◆ Exercise directions: Nothing but an exact copy of the listing should appear in the response.

◆ Task material:

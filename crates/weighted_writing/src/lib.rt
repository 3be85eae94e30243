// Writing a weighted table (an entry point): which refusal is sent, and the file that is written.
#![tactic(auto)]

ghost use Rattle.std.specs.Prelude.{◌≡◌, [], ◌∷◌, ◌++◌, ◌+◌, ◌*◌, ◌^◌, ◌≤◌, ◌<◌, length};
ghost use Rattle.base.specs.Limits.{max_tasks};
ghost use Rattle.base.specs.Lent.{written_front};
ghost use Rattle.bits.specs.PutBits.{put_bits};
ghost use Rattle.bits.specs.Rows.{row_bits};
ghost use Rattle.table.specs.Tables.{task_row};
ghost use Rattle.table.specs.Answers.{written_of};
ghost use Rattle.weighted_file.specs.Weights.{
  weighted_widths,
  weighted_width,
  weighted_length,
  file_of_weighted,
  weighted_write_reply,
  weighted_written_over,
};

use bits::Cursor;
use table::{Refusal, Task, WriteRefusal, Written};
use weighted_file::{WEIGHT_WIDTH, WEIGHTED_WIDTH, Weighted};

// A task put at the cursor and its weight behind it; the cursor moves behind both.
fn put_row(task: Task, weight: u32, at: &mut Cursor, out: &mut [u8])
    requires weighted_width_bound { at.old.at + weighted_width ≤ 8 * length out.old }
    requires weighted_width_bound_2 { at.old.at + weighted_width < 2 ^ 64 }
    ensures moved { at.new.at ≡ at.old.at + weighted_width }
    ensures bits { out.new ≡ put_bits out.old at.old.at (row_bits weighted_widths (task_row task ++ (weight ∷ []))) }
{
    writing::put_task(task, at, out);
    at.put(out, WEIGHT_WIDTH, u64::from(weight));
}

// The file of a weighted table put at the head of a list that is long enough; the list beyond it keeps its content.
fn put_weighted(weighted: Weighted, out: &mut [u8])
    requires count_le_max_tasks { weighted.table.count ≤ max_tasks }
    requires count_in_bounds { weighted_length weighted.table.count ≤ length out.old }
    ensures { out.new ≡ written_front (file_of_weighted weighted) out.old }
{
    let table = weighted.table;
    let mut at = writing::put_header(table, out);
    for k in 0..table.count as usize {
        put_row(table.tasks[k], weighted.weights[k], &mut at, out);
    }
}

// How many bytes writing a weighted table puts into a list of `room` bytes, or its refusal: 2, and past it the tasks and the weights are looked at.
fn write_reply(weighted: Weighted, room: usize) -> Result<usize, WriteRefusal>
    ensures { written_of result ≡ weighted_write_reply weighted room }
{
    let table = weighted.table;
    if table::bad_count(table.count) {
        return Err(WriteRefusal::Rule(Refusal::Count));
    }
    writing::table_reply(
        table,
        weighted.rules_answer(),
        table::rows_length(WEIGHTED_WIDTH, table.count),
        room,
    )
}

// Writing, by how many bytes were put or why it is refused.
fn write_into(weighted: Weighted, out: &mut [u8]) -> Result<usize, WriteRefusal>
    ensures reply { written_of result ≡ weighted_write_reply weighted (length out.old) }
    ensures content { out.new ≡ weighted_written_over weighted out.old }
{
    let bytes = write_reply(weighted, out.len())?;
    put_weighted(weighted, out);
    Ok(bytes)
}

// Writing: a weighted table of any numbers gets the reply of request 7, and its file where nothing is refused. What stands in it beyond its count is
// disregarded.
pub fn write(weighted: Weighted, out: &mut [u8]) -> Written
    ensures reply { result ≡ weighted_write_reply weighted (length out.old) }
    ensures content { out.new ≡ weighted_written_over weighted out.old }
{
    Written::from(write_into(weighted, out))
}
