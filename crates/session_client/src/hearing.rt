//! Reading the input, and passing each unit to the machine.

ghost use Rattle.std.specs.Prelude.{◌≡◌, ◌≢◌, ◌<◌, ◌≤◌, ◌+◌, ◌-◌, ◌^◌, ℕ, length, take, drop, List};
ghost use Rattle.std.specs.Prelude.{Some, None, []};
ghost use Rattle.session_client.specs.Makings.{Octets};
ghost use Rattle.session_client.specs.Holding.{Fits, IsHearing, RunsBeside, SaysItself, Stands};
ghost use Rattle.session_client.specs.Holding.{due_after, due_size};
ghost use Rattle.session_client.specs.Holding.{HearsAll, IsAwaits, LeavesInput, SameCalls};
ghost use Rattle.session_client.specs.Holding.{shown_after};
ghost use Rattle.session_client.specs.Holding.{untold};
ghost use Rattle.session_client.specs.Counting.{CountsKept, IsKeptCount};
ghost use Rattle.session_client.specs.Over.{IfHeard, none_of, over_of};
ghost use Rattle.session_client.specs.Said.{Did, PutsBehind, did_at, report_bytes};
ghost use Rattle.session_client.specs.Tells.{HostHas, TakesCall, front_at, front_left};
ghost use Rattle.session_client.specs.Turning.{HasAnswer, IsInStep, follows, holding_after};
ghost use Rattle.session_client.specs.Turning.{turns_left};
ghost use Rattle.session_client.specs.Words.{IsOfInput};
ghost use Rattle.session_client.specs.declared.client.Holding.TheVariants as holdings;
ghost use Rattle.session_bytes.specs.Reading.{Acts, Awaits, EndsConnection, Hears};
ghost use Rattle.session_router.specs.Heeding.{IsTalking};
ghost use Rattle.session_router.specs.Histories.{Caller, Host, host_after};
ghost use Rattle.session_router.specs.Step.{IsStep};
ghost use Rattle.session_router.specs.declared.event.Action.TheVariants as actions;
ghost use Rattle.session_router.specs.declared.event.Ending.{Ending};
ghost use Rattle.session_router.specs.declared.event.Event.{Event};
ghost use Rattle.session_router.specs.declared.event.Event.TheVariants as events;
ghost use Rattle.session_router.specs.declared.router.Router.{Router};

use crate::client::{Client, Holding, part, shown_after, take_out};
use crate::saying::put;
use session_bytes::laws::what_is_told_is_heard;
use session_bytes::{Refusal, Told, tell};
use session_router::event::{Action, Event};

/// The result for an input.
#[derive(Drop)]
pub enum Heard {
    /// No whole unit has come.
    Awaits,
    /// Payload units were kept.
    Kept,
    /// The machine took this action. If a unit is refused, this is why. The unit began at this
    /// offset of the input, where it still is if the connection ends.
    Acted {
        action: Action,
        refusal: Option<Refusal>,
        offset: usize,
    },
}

◆ Answer for the task:
filename crates/weighted_writing/src/lib.rt
repository 3be85eae94e30243
// Writing a weighted table (an entry point): which refusal is sent, and the file that is written.
#![tactic(auto)]

ghost use Rattle.std.specs.Prelude.{◌≡◌, [], ◌∷◌, ◌++◌, ◌+◌, ◌*◌, ◌^◌, ◌≤◌, ◌<◌, length};
ghost use Rattle.base.specs.Limits.{max_tasks};
ghost use Rattle.base.specs.Lent.{written_front};
ghost use Rattle.bits.specs.PutBits.{put_bits};
ghost use Rattle.bits.specs.Rows.{row_bits};
ghost use Rattle.table.specs.Tables.{task_row};
ghost use Rattle.table.specs.Answers.{written_of};
ghost use Rattle.weighted_file.specs.Weights.{
  weighted_widths,
  weighted_width,
  weighted_length,
  file_of_weighted,
  weighted_write_reply,
  weighted_written_over,
};

use bits::Cursor;
use table::{Refusal, Task, WriteRefusal, Written};
use weighted_file::{WEIGHT_WIDTH, WEIGHTED_WIDTH, Weighted};

// A task put at the cursor and its weight behind it; the cursor moves behind both.
fn put_row(task: Task, weight: u32, at: &mut Cursor, out: &mut [u8])
    requires weighted_width_bound { at.old.at + weighted_width ≤ 8 * length out.old }
    requires weighted_width_bound_2 { at.old.at + weighted_width < 2 ^ 64 }
    ensures moved { at.new.at ≡ at.old.at + weighted_width }
    ensures bits { out.new ≡ put_bits out.old at.old.at (row_bits weighted_widths (task_row task ++ (weight ∷ []))) }
{
    writing::put_task(task, at, out);
    at.put(out, WEIGHT_WIDTH, u64::from(weight));
}

// The file of a weighted table put at the head of a list that is long enough; the list beyond it keeps its content.
fn put_weighted(weighted: Weighted, out: &mut [u8])
    requires count_le_max_tasks { weighted.table.count ≤ max_tasks }
    requires count_in_bounds { weighted_length weighted.table.count ≤ length out.old }
    ensures { out.new ≡ written_front (file_of_weighted weighted) out.old }
{
    let table = weighted.table;
    let mut at = writing::put_header(table, out);
    for k in 0..table.count as usize {
        put_row(table.tasks[k], weighted.weights[k], &mut at, out);
    }
}

// How many bytes writing a weighted table puts into a list of `room` bytes, or its refusal: 2, and past it the tasks and the weights are looked at.
fn write_reply(weighted: Weighted, room: usize) -> Result<usize, WriteRefusal>
    ensures { written_of result ≡ weighted_write_reply weighted room }
{
    let table = weighted.table;
    if table::bad_count(table.count) {
        return Err(WriteRefusal::Rule(Refusal::Count));
    }
    writing::table_reply(
        table,
        weighted.rules_answer(),
        table::rows_length(WEIGHTED_WIDTH, table.count),
        room,
    )
}

// Writing, by how many bytes were put or why it is refused.
fn write_into(weighted: Weighted, out: &mut [u8]) -> Result<usize, WriteRefusal>
    ensures reply { written_of result ≡ weighted_write_reply weighted (length out.old) }
    ensures content { out.new ≡ weighted_written_over weighted out.old }
{
    let bytes = write_reply(weighted, out.len())?;
    put_weighted(weighted, out);
    Ok(bytes)
}

// Writing: a weighted table of any numbers gets the reply of request 7, and its file where nothing is refused. What stands in it beyond its count is
// disregarded.
pub fn write(weighted: Weighted, out: &mut [u8]) -> Written
    ensures reply { result ≡ weighted_write_reply weighted (length out.old) }
    ensures content { out.new ≡ weighted_written_over weighted out.old }
{
    Written::from(write_into(weighted, out))
}
filename crates/session_client/src/hearing.rt
//! Reading the input, and passing each unit to the machine.

ghost use Rattle.std.specs.Prelude.{◌≡◌, ◌≢◌, ◌<◌, ◌≤◌, ◌+◌, ◌-◌, ◌^◌, ℕ, length, take, drop, List};
ghost use Rattle.std.specs.Prelude.{Some, None, []};
ghost use Rattle.session_client.specs.Makings.{Octets};
ghost use Rattle.session_client.specs.Holding.{Fits, IsHearing, RunsBeside, SaysItself, Stands};
ghost use Rattle.session_client.specs.Holding.{due_after, due_size};
ghost use Rattle.session_client.specs.Holding.{HearsAll, IsAwaits, LeavesInput, SameCalls};
ghost use Rattle.session_client.specs.Holding.{shown_after};
ghost use Rattle.session_client.specs.Holding.{untold};
ghost use Rattle.session_client.specs.Counting.{CountsKept, IsKeptCount};
ghost use Rattle.session_client.specs.Over.{IfHeard, none_of, over_of};
ghost use Rattle.session_client.specs.Said.{Did, PutsBehind, did_at, report_bytes};
ghost use Rattle.session_client.specs.Tells.{HostHas, TakesCall, front_at, front_left};
ghost use Rattle.session_client.specs.Turning.{HasAnswer, IsInStep, follows, holding_after};
ghost use Rattle.session_client.specs.Turning.{turns_left};
ghost use Rattle.session_client.specs.Words.{IsOfInput};
ghost use Rattle.session_client.specs.declared.client.Holding.TheVariants as holdings;
ghost use Rattle.session_bytes.specs.Reading.{Acts, Awaits, EndsConnection, Hears};
ghost use Rattle.session_router.specs.Heeding.{IsTalking};
ghost use Rattle.session_router.specs.Histories.{Caller, Host, host_after};
ghost use Rattle.session_router.specs.Step.{IsStep};
ghost use Rattle.session_router.specs.declared.event.Action.TheVariants as actions;
ghost use Rattle.session_router.specs.declared.event.Ending.{Ending};
ghost use Rattle.session_router.specs.declared.event.Event.{Event};
ghost use Rattle.session_router.specs.declared.event.Event.TheVariants as events;
ghost use Rattle.session_router.specs.declared.router.Router.{Router};

use crate::client::{Client, Holding, part, shown_after, take_out};
use crate::saying::put;
use session_bytes::laws::what_is_told_is_heard;
use session_bytes::{Refusal, Told, tell};
use session_router::event::{Action, Event};

/// The result for an input.
#[derive(Drop)]
pub enum Heard {
    /// No whole unit has come.
    Awaits,
    /// Payload units were kept.
    Kept,
    /// The machine took this action. If a unit is refused, this is why. The unit began at this
    /// offset of the input, where it still is if the connection ends.
    Acted {
        action: Action,
        refusal: Option<Refusal>,
        offset: usize,
    },
}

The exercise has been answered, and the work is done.